== Aim of the task ==
Go over the data and copy out each line with "that" in it.

== Input data ==

//! Texts in the caller's buffer.

ghost use Rattle.std.specs.Prelude.{◌≡◌, ◌≢◌, ℕ, List, Some, length, option_copied};
ghost use Rattle.embed.specs.Images.{IsImageOf, IsSaved};
ghost use Rattle.embed.specs.Journals.{CutsOff, ListsOpen, ListsShard};
ghost use Rattle.embed.specs.Buffers.{Writes};
ghost use Rattle.records.specs.Subscriber.{Subscriber};
ghost use Rattle.records.specs.Written.{record_line};
ghost use Rattle.hlr_types.specs.DigitTexts.{text_of};
ghost use Rattle.kunchrol.specs.Lookups.{RefusesFound, RefusesImsi};
ghost use Rattle.kunchrol.specs.Refusals.{RefusesRoom, code_of_room, len_of_room};

use crate::code::{MEMORY, NONE, OK, SMALL};
use embed::{BufferFault, Register, write_record};
use hlrcore::ShardNumber;
use records::{Record, Version};
use std::alloc::Global;

pub(crate) fn save_records(register: &Register, buffer: &mut [u8], len: &mut usize) -> u32
    ensures saved { result ≡ 0 → (text : List ℕ) × IsSaved register.now.node text
        × Writes text buffer.old len.new buffer.new }
    ensures why { result ≢ 0 → RefusesRoom (IsSaved register.now.node)
        (length buffer.old) len.new result }
    ensures refused { result ≢ 0 → buffer.new ≡ buffer.old }
    ensures len { result ≢ 0 → result ≢ 2 → len.new ≡ len.old }
{
    match register.save(buffer) {
        Ok(count) => {
            *len = count;
            OK
        }
        Err(fault) => refused(fault, len),
    }
}

pub(crate) fn cut_journal(
    register: &mut Register,
    shard: ShardNumber,
    buffer: &mut [u8],
    len: &mut usize,
) -> u32
    ensures cut { result ≡ 0 → CutsOff register.old shard register.new }
    ensures lists { result ≡ 0 → (text : List ℕ) × ListsShard register.old.node shard text
        × Writes text buffer.old len.new buffer.new }
    ensures why { result ≢ 0 → RefusesRoom (ListsShard register.old.node shard)
        (length buffer.old) len.new result }
    ensures refused { result ≢ 0 → register.new ≡ register.old }
    ensures buffer { result ≢ 0 → buffer.new ≡ buffer.old }
    ensures len { result ≢ 0 → result ≢ 2 → len.new ≡ len.old }
{
    match register.cut_listed(shard, buffer) {
        Ok(count) => {
            *len = count;
            OK
        }
        Err(fault) => refused(fault, len),
    }
}

/// Writes a record that was found.
pub(crate) fn write_found(
    alloc: Global,
    found: Option<&Record>,
    buffer: &mut [u8],
    len: &mut usize,
) -> u32
    ensures written { result ≡ 0 → (s : Subscriber) × (option_copied found.entry ≡ Some s)
        × Writes (record_line Version.Two s) buffer.old len.new buffer.new }
    ensures why { result ≢ 0 → RefusesFound (option_copied found.entry) (length buffer.old) len.new result }
    ensures refused { result ≢ 0 → buffer.new ≡ buffer.old }
    ensures len { result ≢ 0 → result ≢ 2 → len.new ≡ len.old }
{
    let Some(record) = found else {
        return NONE;
    };
    match write_record(alloc, record, buffer) {
        Ok(count) => {
            *len = count;
            OK
        }
        Err(fault) => refused(fault, len),
    }
}

/// Writes the IMSI that the last event was about.
pub(crate) fn write_subject(register: &Register, buffer: &mut [u8], len: &mut usize) -> u32
    ensures written { result ≡ 0 → (imsi : List ℕ) × (register.now.subject ≡ Some imsi)
        × Writes (text_of imsi) buffer.old len.new buffer.new }
    ensures why { result ≢ 0 → RefusesImsi register.now.subject (length buffer.old) len.new result }
    ensures refused { result ≢ 0 → buffer.new ≡ buffer.old }
    ensures len { result ≢ 0 → result ≢ 2 → len.new ≡ len.old }
{
    let Some(imsi) = register.subject() else {
        return NONE;
    };
    let text = imsi.digits().text();
    let digits = text.as_slice();
    *len = digits.len();
    if buffer.len() < digits.len() {
        return SMALL;
    }
    buffer[..digits.len()].copy_from_slice(digits);
    OK
}

pub(crate) fn list_dialogues(
    register: &Register,
    shard: ShardNumber,
    buffer: &mut [u8],
    len: &mut usize,
) -> u32
    ensures listed { result ≡ 0 → (text : List ℕ) × ListsOpen register.now.node shard text
        × Writes text buffer.old len.new buffer.new }
    ensures why { result ≢ 0 → RefusesRoom (ListsOpen register.now.node shard)
        (length buffer.old) len.new result }
    ensures refused { result ≢ 0 → buffer.new ≡ buffer.old }
    ensures len { result ≢ 0 → result ≢ 2 → len.new ≡ len.old }
{
    match register.list_dialogues(shard, buffer) {
        Ok(count) => {
            *len = count;
            OK
        }
        Err(fault) => refused(fault, len),
    }
}

pub(crate) fn write_image(
    register: &Register,
    shard: ShardNumber,
    buffer: &mut [u8],
    len: &mut usize,
) -> u32
    ensures written { result ≡ 0 → (text : List ℕ) × IsImageOf register.now.node shard text
        × Writes text buffer.old len.new buffer.new }
    ensures why { result ≢ 0 → RefusesRoom (IsImageOf register.now.node shard)
        (length buffer.old) len.new result }
    ensures refused { result ≢ 0 → buffer.new ≡ buffer.old }
    ensures len { result ≢ 0 → result ≢ 2 → len.new ≡ len.old }
{
    match register.write_image(shard, buffer) {
        Ok(count) => {
            *len = count;
            OK
        }
        Err(fault) => refused(fault, len),
    }
}

/// Puts the length that is needed, if the buffer is too small.
fn refused(fault: BufferFault, len: &mut usize) -> u32
    ensures code { result ≡ code_of_room fault }
    ensures len { len.new ≡ len_of_room len.old fault }
    ensures kept { result ≢ 2 → len.new ≡ len.old }
{
    match fault {
        BufferFault::Small(needed) => {
            *len = needed;
            SMALL
        }
        BufferFault::Memory => MEMORY,
    }
}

== Your response ==
/// Writes a record that was found.
/// Writes the IMSI that the last event was about.
/// Puts the length that is needed, if the buffer is too small.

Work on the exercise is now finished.